┌─ Exercise input

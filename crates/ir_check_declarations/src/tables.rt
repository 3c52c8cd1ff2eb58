//! The tables of a firmware.

ghost use Rattle.std.specs.Prelude.{◌≡◌, ◌++◌, map, flat_map, OnOk, IfOk};
ghost use Rattle.ir_model.specs.Plain.{PlainFunc, PlainGlobal, PlainStruct, struct_of, firmware_of, funcs_of};
ghost use Rattle.ir_check_scopes.specs.Scopes.{lent, declared_funcs};

use ir_check_scopes::Scope;
use ir_layouts::table::Layouts;
use ir_model::firmware::{FileDecl, Firmware, Func};
use ir_names::Names;
use ir_names::firmware_names::{func_names, global_names};
use std::alloc::{AllocError, Global};

fn put_funcs<'a>(bodies: &mut Vec<&'a Func>, funcs: &'a [Func]) -> Result<(), AllocError>
    ensures { OnOk result (lent bodies.new.items ≡ lent bodies.old.items ++ funcs.now) }
{
    for func in funcs {
        bodies.push(func)?;
    }
    Ok(())
}

fn all_funcs(alloc: Global, files: &[FileDecl]) -> Result<Vec<&Func>, AllocError>
    ensures { IfOk result (λ v. lent v.items ≡ flat_map (λ f. f.funcs) files.now) }
{
    let mut bodies = Vec::new(alloc);
    for file in files {
        put_funcs(&mut bodies, file.funcs.as_slice())?;
    }
    Ok(bodies)
}

/// The names of globals and functions, and the functions themselves.
struct Below<'a> {
    globals: Names<'a>,
    funcs: Names<'a>,
    bodies: Vec<&'a Func>,
}

fn names_below(alloc: Global, firmware: &Firmware) -> Result<Below<'_>, AllocError>
    ensures globals { IfOk result (λ b. b.globals ≡ map (λ (g : PlainGlobal). g.name) (firmware_of firmware.now).globals) }
    ensures bodies { IfOk result (λ b. lent b.bodies.items ≡ declared_funcs firmware.now) }
    ensures funcs { IfOk result (λ b. b.funcs ≡ map (λ (f : PlainFunc). f.name) (funcs_of (firmware_of firmware.now))) }
{
    let bodies = all_funcs(alloc, firmware.files.as_slice())?;
    let funcs = func_names(alloc, bodies.as_slice())?;
    let globals = global_names(alloc, firmware.globals.as_slice())?;
    Ok(Below {
        globals,
        funcs,
        bodies,
    })
}

/// The tables of a firmware whose structs have these layouts.
pub fn scope<'a>(
    alloc: Global,
    firmware: &'a Firmware,
    structs: Names<'a>,
    layouts: Layouts<'a>,
    periphs: Names<'a>,
) -> Result<Scope<'a>, AllocError>
    requires structs { structs ≡ map (λ (s : PlainStruct). s.name) (map struct_of firmware.now.structs) }
    requires layouts { layouts ≡ firmware.now.structs }
    requires periphs { periphs ≡ map (λ p. p.name) firmware.now.periphs }
    ensures { IfOk result (λ s. s.firmware.now ≡ firmware.now) }
{
    let Below {
        globals,
        funcs,
        bodies,
    } = names_below(alloc, firmware)?;
    Ok(Scope {
        firmware,
        structs,
        layouts,
        periphs,
        globals,
        funcs,
        bodies,
    })
}
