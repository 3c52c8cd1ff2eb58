//! The blocks of flash, as they are told.

ghost use Rattle.std.specs.Prelude.{◌≡◌, ◌++◌, flat_map, IfOk, OnOk};
ghost use Rattle.std.specs.Fmt.{decimal};
ghost use Rattle.plan_model.specs.FlashPlacement.{flash_blocks};
ghost use Rattle.aces_explain.specs.Blocks as told;

use plan_layout::flash::all_blocks;
use plan_model::plan::Sizes;
use plan_report::text::Text;
use std::alloc::{AllocError, Global};

/// A block of flash.
#[derive(Clone, Copy)]
pub struct FlashBlock {
    /// Its number: 0 of the tables', and one more than the compartment's of a block of code.
    pub number: usize,
    /// How many bytes it has.
    pub size: u64,
}

/// The blocks of these sizes, with their numbers.
fn numbered_blocks(alloc: Global, sizes: &[u64]) -> Result<Vec<FlashBlock>, AllocError>
    ensures { IfOk result (λ blocks. blocks.items ≡ told.numbered sizes.now) }
{
    let mut blocks = Vec::new(alloc);
    for number in 0..sizes.len() {
        blocks.push(FlashBlock {
            number,
            size: sizes[number],
        })?;
    }
    Ok(blocks)
}

/// Blocks in falling order of size.
fn falling(mut blocks: Vec<FlashBlock>) -> Result<Vec<FlashBlock>, AllocError>
    ensures { IfOk result (λ falling. falling.items ≡ told.falling_flash blocks.items) }
{
    blocks.sort_by(|a, b| b.size.cmp(&a.size))?;
    Ok(blocks)
}

/// Puts a text and a number.
fn put_numbered(text: &mut Text, words: &[u8], number: usize) -> Result<(), AllocError>
    ensures { OnOk result (text.new ≡ text.old ++ (words.now ++ decimal number)) }
{
    text.put(words)?;
    text.put_decimal(number as u64)
}

/// Puts what the block of a number is for.
fn put_use(text: &mut Text, number: usize) -> Result<(), AllocError>
    ensures { OnOk result (text.new ≡ text.old ++ told.flash_use number) }
{
    if number == 0 {
        return text.put(b"tables");
    }
    put_numbered(text, b"code of compartment ", number - 1)
}

/// Puts the line of a block.
fn put_block(text: &mut Text, block: FlashBlock) -> Result<(), AllocError>
    ensures { OnOk result (text.new ≡ text.old ++ told.flash_line block) }
{
    text.put(b"block ")?;
    text.put_decimal(block.size)?;
    text.put(b" for ")?;
    put_use(text, block.number)?;
    text.put(b"\n")
}

/// Puts the lines of blocks.
fn put_blocks(text: &mut Text, blocks: &[FlashBlock]) -> Result<(), AllocError>
    ensures { OnOk result (text.new ≡ text.old ++ flat_map told.flash_line blocks.now) }
{
    for i in 0..blocks.len() {
        put_block(text, blocks[i])?;
    }
    Ok(())
}

/// The blocks of flash, the largest first.
fn falling_all(alloc: Global, sizes: &Sizes) -> Result<Vec<FlashBlock>, AllocError>
    ensures { IfOk result (λ blocks. blocks.items ≡ told.falling_flash (told.numbered (flash_blocks sizes.now))) }
{
    let all = all_blocks(alloc, sizes)?;
    falling(numbered_blocks(alloc, &all)?)
}

/// Puts the lines of the blocks of flash, the largest first.
pub(crate) fn put_flash(alloc: Global, text: &mut Text, sizes: &Sizes) -> Result<(), AllocError>
    ensures { OnOk result (text.new ≡ text.old ++ told.flash_lines sizes.now) }
{
    let blocks = falling_all(alloc, sizes)?;
    put_blocks(text, &blocks)
}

└─

### Exercise objective
Copy out only the lines above from the one with "the functions themselves." to the one with "b. lent b.bodies.items", inclusive, exactly as they stand.

### Result
/// The names of globals and functions, and the functions themselves.
struct Below<'a> {
    globals: Names<'a>,
    funcs: Names<'a>,
    bodies: Vec<&'a Func>,
}

fn names_below(alloc: Global, firmware: &Firmware) -> Result<Below<'_>, AllocError>
    ensures globals { IfOk result (λ b. b.globals ≡ map (λ (g : PlainGlobal). g.name) (firmware_of firmware.now).globals) }
    ensures bodies { IfOk result (λ b. lent b.bodies.items ≡ declared_funcs firmware.now) }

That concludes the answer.